Crise na Portela: Diante de um quase rebaixamento e um desfile difícil, coletivo portelense reclama por mudanças


A azul e branco de Madureira revela mais uma de suas contínuas dissensões políticas. Chapa Respeita a Portela, opositora à atual mandatária, publica um manifesto de desagravo à atual gestão, a “Portela Verdade”. Os rivais requerem mais transparência na prestação de contas, além de maior respeito aos componentes e à história da agremiação. A maior campeã da história do carnaval ficou na décima posição em 2023, margeando com o rebaixamento

*por Vítor Antunes

Ainda que o centenário da Portela marque a sua longevidade, o ano de 2023 tem sido difícil para a memória do portelense. Os problemas já começaram antes mesmo dos desfiles, com uma fantasia, acusada de racismo. Durante a passagem da agremiação de Madureira pela Sapucaí, uma chuva de problemas técnicos: carros quebrados, uma evolução equivocada e por aí vai. A Águia aponta para 2024 um cenário conflitante, devido à divulgação de um coletivo que, ainda na noite de ontem,  publicou um manifesto cobrando mudanças urgentes na escola centenária: “A Majestade do Samba (deve) passar por uma reformulação administrativa incondicional e urgente”, diz o manifesto após o deferimento da 10ª colocação da azul-e-branca. O grupo “Respeita Portela” é oposição ao “Portela Verdade”, chapa que conduz a escola atualmente. Os conflitos internos na Portela não são incomuns. Um deles, iniciado em 1975, deu origem ao Quilombo, e em 1984, e à Tradição.

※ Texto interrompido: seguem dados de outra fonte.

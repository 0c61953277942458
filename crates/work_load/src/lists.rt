//! The weights and needs of a workload.
ghost use Rattle.std.specs.Prelude.{◌≡◌, ◌<◌, ◌≤◌, true, unsigned_abs, length, take, map, All, IfOk, MatchResult, Ok, Err, unwrap_or, option_map};
ghost use Rattle.serde_json.specs.View.{view};
ghost use Rattle.tact_base.specs.declared.limits.TheConstants.{AMOUNT_MAX, MOMENT_MAX, WEIGHT_MAX};
ghost use Rattle.tact_base.specs.ConitList.{IsConitList};
ghost use Rattle.work_load.specs.Values.{all_of, earlier};
ghost use Rattle.work_load.specs.Forms.{weight, need, rows};

use crate::values::{both, earliest, listed, natural, number_below, signed};
use run_model::LoadKind;
use serde_json::Value;
use tact_base::{AMOUNT_MAX, ConitList, LIST_MAX, MOMENT_MAX, Need, OnConit, WEIGHT_MAX, Weight};

/// What stands in a list by conit: a weight or a need.
pub(crate) trait Row: OnConit {
    ghost use Rattle.std.specs.Prelude.{ℕ};
    ghost use Rattle.serde_json.specs.Data.{Data};
    ghost use Rattle.work_load.specs.Values.{Reading};

    /// How one is read, where there are so many conits.
    ghost read: { ℕ → Data → Reading Self };

    /// Reads one.
    fn read(value: &Value, conits: u32) -> Result<Self, LoadKind>
        requires { 0 < conits }
        ensures row { result ≡ read conits (view value.now) }
        ensures within { IfOk result (λ row. Self.in_limits row ≡ true) }
        ensures conit { IfOk result (λ row. Self.conit_of row < conits) };
}

impl Row for Weight {
    ghost read = { weight };

    fn read(value: &Value, conits: u32) -> Result<Self, LoadKind> {
        weight(value, conits)
    }
}

impl Row for Need {
    ghost read = { need };

    fn read(value: &Value, conits: u32) -> Result<Self, LoadKind> {
        need(value, conits)
    }
}

#[tactic(auto, unfolding(crate::specs::Forms::weight))]
fn weight(value: &Value, conits: u32) -> Result<Weight, LoadKind>
    requires { 0 < conits }
    ensures weight { result ≡ weight conits (view value.now) }
    ensures conit { IfOk result (λ weight. weight.conit < conits) }
    ensures nweight { IfOk result (λ weight. unsigned_abs weight.nweight ≤ WEIGHT_MAX) }
    ensures oweight { IfOk result (λ weight. weight.oweight ≤ WEIGHT_MAX) }
{
    let [conit, nweight, oweight] = listed(value)? else {
        return Err(LoadKind::Shape);
    };
    let change = signed(nweight, WEIGHT_MAX);
    let order = natural(oweight, 0, WEIGHT_MAX);
    let (conit, (nweight, oweight)) = both(number_below(conit, conits), both(change, order))?;
    Ok(Weight {
        conit,
        nweight,
        oweight,
    })
}

#[tactic(auto, unfolding(crate::specs::Forms::need))]
fn need(value: &Value, conits: u32) -> Result<Need, LoadKind>
    requires { 0 < conits }
    ensures need { result ≡ need conits (view value.now) }
    ensures conit { IfOk result (λ need. need.conit < conits) }
    ensures num { IfOk result (λ need. need.num ≤ AMOUNT_MAX) }
    ensures order { IfOk result (λ need. need.order ≤ AMOUNT_MAX) }
    ensures stale { IfOk result (λ need. need.stale ≤ MOMENT_MAX) }
{
    let [conit, num, order, stale] = listed(value)? else {
        return Err(LoadKind::Shape);
    };
    let num = natural(num, 0, AMOUNT_MAX);
    let order = natural(order, 0, AMOUNT_MAX);
    let stale = natural(stale, 0, MOMENT_MAX);
    let front = both(number_below(conit, conits), num);
    let ((conit, num), (order, stale)) = both(front, both(order, stale))?;
    Ok(Need {
        conit,
        num,
        order,
        stale,
    })
}

// Reads at most 4 weights or needs into the front of a list, and then all of them stand together.
fn fill<T: Row>(items: &mut [T], values: &[Value], conits: u32) -> Result<(), LoadKind>
    requires conits { 0 < conits }
    requires few { length values.now ≤ length items.old }
    ensures length { length items.new ≡ length items.old }
    ensures read { MatchResult result
        (λ _. (all_of (T.read conits) (map view values.now) ≡ Ok (take (length values.now) items.new))
        × All (λ item. (T.in_limits item ≡ true) × (T.conit_of item < conits)) (take (length values.now) items.new))
        (λ kind. all_of (T.read conits) (map view values.now) ≡ Err kind) }
{
    let mut fault = None;
    for place in 0..values.len() {
        match T::read(&values[place], conits) {
            Ok(item) => items[place] = item,
            Err(kind) => fault = Some(earliest(fault, kind)),
        }
    }
    match fault {
        Some(kind) => Err(kind),
        None => Ok(()),
    }
}

/// The weights or needs that a value is, at most four with rising conits.
#[tactic(auto, unfolding(crate::specs::Forms::rows))]
pub(crate) fn rows<T: Row>(value: &Value, conits: u32) -> Result<ConitList<T>, LoadKind>
    requires { 0 < conits }
    ensures rows { result ≡ rows T.conit_of (T.read conits) (view value.now) }
    ensures listed { IfOk result (λ list. IsConitList T.conit_of T.in_limits list) }
    ensures conits { IfOk result (λ list. All (λ row. T.conit_of row < conits) list) }
{
    let values = listed(value)?;
    if values.len() > LIST_MAX {
        return Err(LoadKind::Shape);
    }
    let mut items = [T::blank(); LIST_MAX];
    fill(&mut items, values, conits)?;
    match ConitList::new(&items[..values.len()]) {
        Ok(list) => Ok(list),
        Err(_) => Err(LoadKind::Unordered),
    }
}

No ano do centenário da Portela, mais uma de suas dissensões políticas (Foto: Alex Ferro/Riotur)

HOJE EU VENHO RECLAMAR!

O samba de 1988 da Portela dizia: “Hoje eu venho reclamar! O que é que tem o que há?”. Talvez este seja o espírito do portelense depois de um resultado insatisfatório no carnaval 23. O coletivo “Respeita Portela”, oposição ao atual grupo mandatário na agremiação, a chapa “Portela Verdade”, faz reivindicações urgentes na escola, que teve uma das piores colocações da sua história e esteve cotada ao rebaixamento junto à crítica especializada no ano de seu centenário. Num ano em que havia 12 escolas no grupo principal, a agremiação ficou em décimo lugar. Pior que esta, só a de 2005, no fatídico desfile da águia sem asas, e no qual a “Vaidosa”, ficou em penúltimo lugar.

Cenário de diversos entreveros políticos – um entre os Anos 1970 e 1980 e outro na gestão Nilo Figueiredo (1937-2022), nos anos 2000, a Portela pôde respirar quando Marcos Falcon (1964-2016) assumiu a presidência da escola. Tanto que fora campeã em 2017, num título dividido com a Mocidade, escola que, atualmente, também está em crise. A iminência do rebaixamento fez reacender a chama do conflito. A oposição aos atuais dirigentes publicou um manifesto duro, cobrando mudanças imediatas.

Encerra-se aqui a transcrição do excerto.